I found that making a table called NAMES fixed the search time I was experiencing. Two text boxes had input for whatever they keyed. I added the % for wildcard after any text in each box and one of the keypress events was the trigger to run it.
Select <field_list> from customer where lNameID in ( select nameID from names where Name like @Lname) and fNameID in ( select nameID from names na where na.Name like @Fname)
That has been 10-13 years ago.
On Wed, Apr 12, 2017 at 9:55 AM, Ken Dibble krdibble@stny.rr.com wrote:
Hi folks,
I've been thinking of how I can improve the ability of my users to find people's names in a system that has over 30,000 people in it.

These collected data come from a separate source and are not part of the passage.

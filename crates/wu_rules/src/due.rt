//! For which workunits a pass is due.

ghost use Rattle.std.specs.Prelude.{◌≡◌, ◌≤◌};
ghost use Rattle.wu_core.specs.Limits.{longest_age};
ghost use Rattle.wu_rules.specs.Due.{changes};

use crate::count::wants_validation;
use crate::deleter::wants_deletion;
use crate::purge::purgeable;
use crate::waking::wake_of;
use wu_core::{Assimilate, Moment, Workunit};

/// A pass over the workunits of a project, in BOINC's words.
#[derive(Clone, Copy, PartialEq, Eq)]
pub enum Pass {
    Transition,
    Validate,
    Assimilate,
    Delete,
    Purge,
}

/// Returns whether a transition is due for the workunit at this moment.
fn is_awake(workunit: &Workunit, now: Moment) -> bool
    ensures { result ≡ changes Pass.Transition now 0 workunit.now }
{
    match wake_of(workunit) {
        Some(moment) => moment <= now.seconds(),
        None => false,
    }
}

/// Returns whether the pass is due for the workunit: whether it would change it now. The least age in seconds, at most
/// 365 days, is used by the purge only.
pub fn changes(pass: Pass, now: Moment, min_age: u64, workunit: &Workunit) -> bool
    // The least age is at most 31,536,000 seconds, 365 days.
    requires { min_age ≤ longest_age }
    // The result is true exactly if the pass, at this moment and with this least age, is due for
    // the workunit.
    ensures { result ≡ changes pass now min_age workunit.now }
{
    match pass {
        Pass::Transition => is_awake(workunit, now),
        Pass::Validate => wants_validation(workunit),
        Pass::Assimilate => workunit.assimilate == Assimilate::Ready,
        Pass::Delete => wants_deletion(workunit),
        Pass::Purge => purgeable(workunit, now, min_age),
    }
}
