//! Laws of the texts of views.

ghost use Rattle.wu_report.specs.Marks.{NoViewLineIsMarked, ReadableNamesAreValid};
ghost use Rattle.wu_report.specs.Statuses.{PassesAnswerStatus};

/// Proves that no line of a view begins with `=`. In a session such a line ends an answer.
pub fn no_view_line_is_marked()
    // If the names in a view are valid, no line of its text begins with `=`.
    ensures text { NoViewLineIsMarked }
    // The names in a view that can be read are valid.
    ensures names { ReadableNamesAreValid }
{}

/// Proves that what waits for a pass is what the pass answers.
pub fn status_is_what_passes_answer()
    // Of a project of the present version, a pass with the least age 0 answers the number of its
    // line in the status of its moment, up to its limit.
    ensures { PassesAnswerStatus }
{}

I've looked at soundex, and I've considered munging names to remove spaces, apostrophes, hyphens, etc. The thing about those approaches is that in order to be efficient, they require pre-processing all of the names in the system and storing the results, which can then be queried to find matches.
Unfortunately, that would require modifications to the database, which I try to avoid due to the downtime they require.

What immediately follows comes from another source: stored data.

//! The transitioner.

ghost use Rattle.std.specs.Prelude.{◌≡◌, ◌+◌, ◌≤◌, ◌||◌, length, OnOk, OnErr};
ghost use Rattle.std.specs.List.{list_all};
ghost use Rattle.wu_core.specs.Limits.{most_instances};
ghost use Rattle.wu_core.specs.Reads.{FailsForMemory};
ghost use Rattle.wu_rules.specs.Instances.{is_over, readied_file, output_readied};
ghost use Rattle.wu_rules.specs.Transition.{timed, has_too_many_errors, is_open, needed, allowed, added, is_idle, has_too_many_total, extended, settled, is_finished, may_output_go, outputs_readied, readied, unbound, transitioned};

use crate::change::{give_up_all, ready_assimilate, time_out_all};
use crate::count::{
    error_count, has_active, in_progress_count, is_clear, is_undecided, kept_count, unsent_count,
    wants_validation,
};
use crate::instance::{is_over, is_viable};
use std::alloc::Global;
use wu_core::{Assimilate, ErrorMask, Fault, FileDelete, Instance, Instances, Moment, Workunit};

/// What a transition does with the bits of a workunit's mask and with new instances, after timeouts.
#[derive(Clone, Copy, PartialEq, Eq)]
pub struct TransitionPlan {
    pub has_too_many_errors: bool,
    pub has_too_many_total: bool,
    pub added: usize,
}

/// Returns how many results are still needed after timeouts.
fn needed_count(workunit: &Workunit, now: Moment) -> usize
    ensures { result ≡ needed (timed workunit.now now) }
{
    let awaited = unsent_count(workunit) + in_progress_count(workunit, now) + kept_count(workunit);
    (workunit.params.target_nresults() as usize).saturating_sub(awaited)
}

/// Returns how many instances may still be made.
fn allowed_count(workunit: &Workunit) -> usize
    ensures value { result ≡ allowed workunit.now }
    ensures room { length workunit.now.instances + result ≤ most_instances }
{
    (workunit.params.max_total_results() as usize).saturating_sub(workunit.instances.len())
}

#[tactic(auto, using(crate::proofs::Timing::timings))]
/// Returns whether, after timeouts, no instance is unsent or in progress and the workunit needs no validation.
fn is_idle(workunit: &Workunit, now: Moment) -> bool
    ensures { result ≡ is_idle (timed workunit.now now) }
{
    unsent_count(workunit) == 0
        && in_progress_count(workunit, now) == 0
        && !wants_validation(workunit)
}

/// Returns what a transition at this moment does with the bits of the mask and with new instances.
pub fn plan_of(workunit: &Workunit, now: Moment) -> TransitionPlan
    // `has_too_many_errors` is true exactly if, after timeouts, an undecided workunit has more
    // errors than `max_error_results`.
    ensures errors { result.has_too_many_errors ≡ has_too_many_errors (timed workunit.now now) }
    // `has_too_many_total` is true exactly if, after timeouts, an undecided workunit with allowed
    // errors needs instances, may have none, and waits for nothing.
    ensures total { result.has_too_many_total ≡ has_too_many_total (timed workunit.now now) }
    // `added` is the lesser of the needed and the allowed instances after timeouts, of an undecided
    // workunit with allowed errors, and else 0.
    ensures added { result.added ≡ added (timed workunit.now now) }
    // There are at most 100 instances with the new ones.
    ensures room { length workunit.now.instances + result.added ≤ most_instances }
{
    let is_undecided = is_undecided(workunit);
    let has_too_many_errors = error_count(workunit, now)
        > workunit.params.max_error_results() as usize;
    let is_open = is_undecided && !has_too_many_errors;
    let needed = needed_count(workunit, now);
    let allowed = allowed_count(workunit);
    TransitionPlan {
        has_too_many_errors: is_undecided && has_too_many_errors,
        has_too_many_total: is_open && needed > 0 && allowed == 0 && is_idle(workunit, now),
        added: if is_open { needed.min(allowed) } else { 0 },
    }
}

/// Returns what a transition does with the bits of the mask and with new instances before any timeout.
pub fn plan_at_once(workunit: &Workunit) -> TransitionPlan
    // `has_too_many_errors` is true exactly if an undecided workunit has more errors than
    // `max_error_results`.
    ensures errors { result.has_too_many_errors ≡ has_too_many_errors workunit.now }
    // `has_too_many_total` is true exactly if an undecided workunit with allowed errors needs
    // instances, may have none, and waits for nothing.
    ensures total { result.has_too_many_total ≡ has_too_many_total workunit.now }
    // `added` is the lesser of the needed and the allowed instances, of an undecided workunit with
    // allowed errors, and else 0.
    ensures added { result.added ≡ added workunit.now }
{
    plan_of(workunit, Moment::first())
}

/// Sets the new bits of the mask.
fn mark(mask: &mut ErrorMask, plan: TransitionPlan)
    // A bit is set exactly if it was, or the plan sets it; the other bits stay.
    ensures { mask.new ≡ record mask.old {
      too_many_error_results = mask.old.too_many_error_results || plan.has_too_many_errors;
      too_many_total_results = mask.old.too_many_total_results || plan.has_too_many_total;
    } }
{
    if plan.has_too_many_errors {
        mask.too_many_error_results = true;
    }
    if plan.has_too_many_total {
        mask.too_many_total_results = true;
    }
}

/// Ends overdue instances, makes the new instances and sets the new bits. If out of memory, nothing changes.
fn extend(alloc: Global, workunit: &mut Workunit, now: Moment) -> Result<(), Fault>
    ensures ok { OnOk result (workunit.new ≡ extended (timed workunit.old now)) }
    ensures fault { FailsForMemory result }
    ensures unchanged { OnErr result (workunit.new ≡ workunit.old) }
{
    let plan = plan_of(workunit, now);
    workunit.instances.add_unsent(alloc, plan.added)?;
    time_out_all(&mut workunit.instances, now);
    mark(&mut workunit.error_mask, plan);
    Ok(())
}

/// Ends what a workunit that is given up still waits for, and makes it READY for assimilation.
fn settle(workunit: &mut Workunit)
    ensures { workunit.new ≡ settled workunit.old }
{
    if !is_clear(workunit.error_mask) {
        ready_assimilate(&mut workunit.assimilate);
        give_up_all(&mut workunit.instances);
    }
}

/// Returns whether the instance is over and has nothing left to validate.
pub fn is_finished(instance: &Instance) -> bool
    // The result is true exactly if the instance is over and not a viable success.
    ensures { result ≡ is_finished instance.now }
{
    is_over(instance) && !is_viable(instance)
}

/// Returns whether the output of an instance may be deleted.
pub fn may_output_go(
    canonical: Option<u32>,
    is_all_finished: bool,
    n: usize,
    instance: &Instance,
) -> bool
    // The canonical output may be deleted if all instances are finished, and any other if its own
    // instance is.
    ensures { result ≡ may_output_go canonical is_all_finished n instance.now }
{
    match canonical {
        Some(canonical) if canonical as usize == n => is_all_finished,
        _ => is_finished(instance),
    }
}

/// Marks a file as READY for deletion, if it may go and is INIT.
fn ready_file(file_delete: &mut FileDelete, may_go: bool)
    ensures { file_delete.new ≡ readied_file may_go file_delete.old }
{
    if may_go && *file_delete == FileDelete::Init {
        *file_delete = FileDelete::Ready;
    }
}

/// Marks the output of an instance as READY for deletion, if it may go and is INIT.
fn ready_output(instance: &mut Instance, may_go: bool)
    ensures { instance.new ≡ output_readied may_go instance.old }
{
    ready_file(&mut instance.file_delete, may_go);
}

/// Returns whether all instances are finished: over, with nothing left to validate.
pub fn is_all_finished(instances: &Instances) -> bool
    // The result is true exactly if each instance is over and not a viable success.
    ensures { result ≡ list_all is_finished instances.now }
{
    instances.iter().all(is_finished)
}

/// Returns whether all instances are over.
pub fn is_all_over(instances: &Instances) -> bool
    // The result is true exactly if each instance is over.
    ensures { result ≡ list_all is_over instances.now }
{
    instances.iter().all(is_over)
}

/// Marks the outputs that may go as READY for deletion.
fn ready_outputs(instances: &mut Instances, canonical: Option<u32>)
    ensures { instances.new ≡ outputs_readied canonical instances.old }
{
    let is_all_finished = is_all_finished(instances);
    'each: for (n, instance) in instances.as_mut_slice().iter_mut().enumerate() {
        let may_go = may_output_go(canonical, is_all_finished, n, instance);
        ready_output(instance, may_go);
    }
}

/// Marks the input and the outputs that may go as READY for deletion, if the workunit is DONE.
fn ready(workunit: &mut Workunit)
    ensures { workunit.new ≡ readied workunit.old }
{
    if workunit.assimilate == Assimilate::Done {
        let is_all_over = is_all_over(&workunit.instances);
        ready_file(&mut workunit.file_delete, is_all_over);
        ready_outputs(&mut workunit.instances, workunit.canonical);
    }
}

/// Sets the class of a workunit without an active instance to 0.
fn unbind(workunit: &mut Workunit)
    ensures { workunit.new ≡ unbound workunit.old }
{
    if !has_active(workunit) {
        workunit.class = 0;
    }
}

/// Ends overdue instances, gives up a workunit at its limits, and makes the instances that are needed. Closes a
/// workunit that is given up, marks files for deletion, and sets the class of an inactive workunit to 0. If out of
/// memory, nothing changes.
#[tactic(auto, unfolding(crate::specs::Transition::transitioned))]
pub fn transition(alloc: Global, workunit: &mut Workunit, now: Moment) -> Result<(), Fault>
    // On success the workunit is the rule's image: timeouts, limits, new instances, closing, files
    // to delete, and class.
    ensures ok { OnOk result (workunit.new ≡ transitioned workunit.old now) }
    // The only fault is `Memory`.
    ensures fault { FailsForMemory result }
    // On a fault the workunit stays as it was.
    ensures unchanged { OnErr result (workunit.new ≡ workunit.old) }
{
    extend(alloc, workunit, now)?;
    settle(workunit);
    ready(workunit);
    unbind(workunit);
    Ok(())
}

I'm looking for suggestions on how to produce results that include close matches on last names that doesn't require pre-processing.
I've played with various schemes to assign "weights" to matches based on the number of matching letters, but they all end up being very slooooow and also producing too many false positives.
I suppose there are no easy answers, but if anyone has an algorithm for this kind of thing that they would be willing to share, I'd be grateful.
Thanks.
Ken Dibble www.stic-cil.org
[excessive quoting removed by server]
Unfortunately, that would require modifications to the database, which I try to avoid due to the downtime they require.
Why would that be an issue of consequence? You add some columns to a table. The rest of the software canignore them. (Unless you use select * or other black arts, said rest might never see the new columns.)
Yeah, there are black arts involved. My framework has some generic code that expects to be able to process every field in certain types of tables. If there is not corresponding code for each field in certain subclasses, errors are thrown. Probably a poor design choice in retrospect, but the choice was made in 2004 and rectifying it would require a huge amount of work.
Thus when I make data changes involving certain tables, I have to lock everybody out not only for the time it takes to make those changes, but to update everybody's copy of the software. There are over 100 users at this site, many of whom use the software almost constantly, and there are other sites that also use the software.
One of those tables would be the table that contains the names of people.
I can work around that by storing the pre-processed data in a separate table with a one-to-one relationship to the names table (assuming that I don't need backlinks in the names table), but that seems inefficient to me. My principle for organizing a table of people is that it should contain every required aspect of the person's identity of which the person can have only one. A soundex value or Levenshtein weight for the person's name would qualify as such.
No, I don't have a loader program. I would have to introduce internet download capabilities in order to provide that, and that's a headache I don't need.
I'm looking for suggestions on how to produce results that include close matches on last names that doesn't require pre-processing.
I can not see that the preprocessing would be very involved.
I agree, it would not. It's the necessity of providing storage for the results that causes the problem.
Well, there's a separate problem--the cost of having to appy one or two UDFs that would have to run on every name-search query. I was hoping, though, to get some suggestions for UDFs that I could at least test and see if they aren't impossibly slow.
I suppose there are no easy answers, but if anyone has an algorithm for this kind of thing that they would be willing to share, I'd be grateful.
There are not, because different languages assign differentvalues to the Roman alphabet characters. You are going to have decide on language trade-offs.
I'm liking the Levenshtein stuff, and I could use it in my utility for detecting and removing duplicate records. That wouldn't involve pre-processing. I think it could really speed that up.
Thanks.
Ken Dibble www.stic-cil.org
On Thu, Apr 13, 2017 at 1:15 PM, Ken Dibble krdibble@stny.rr.com wrote:
Well, there's a separate problem--the cost of having to appy one or two UDFs that would have to run on every name-search query. I was hoping, though, to get some suggestions for UDFs that I could at least test and see if they aren't impossibly slow.
You might punish the occasional transposer, rather than everyone, by adding a "Find More" button to run the more intensive search. That way, the operators get a fast result when they type correctly, encouraging a positive feedback cycle.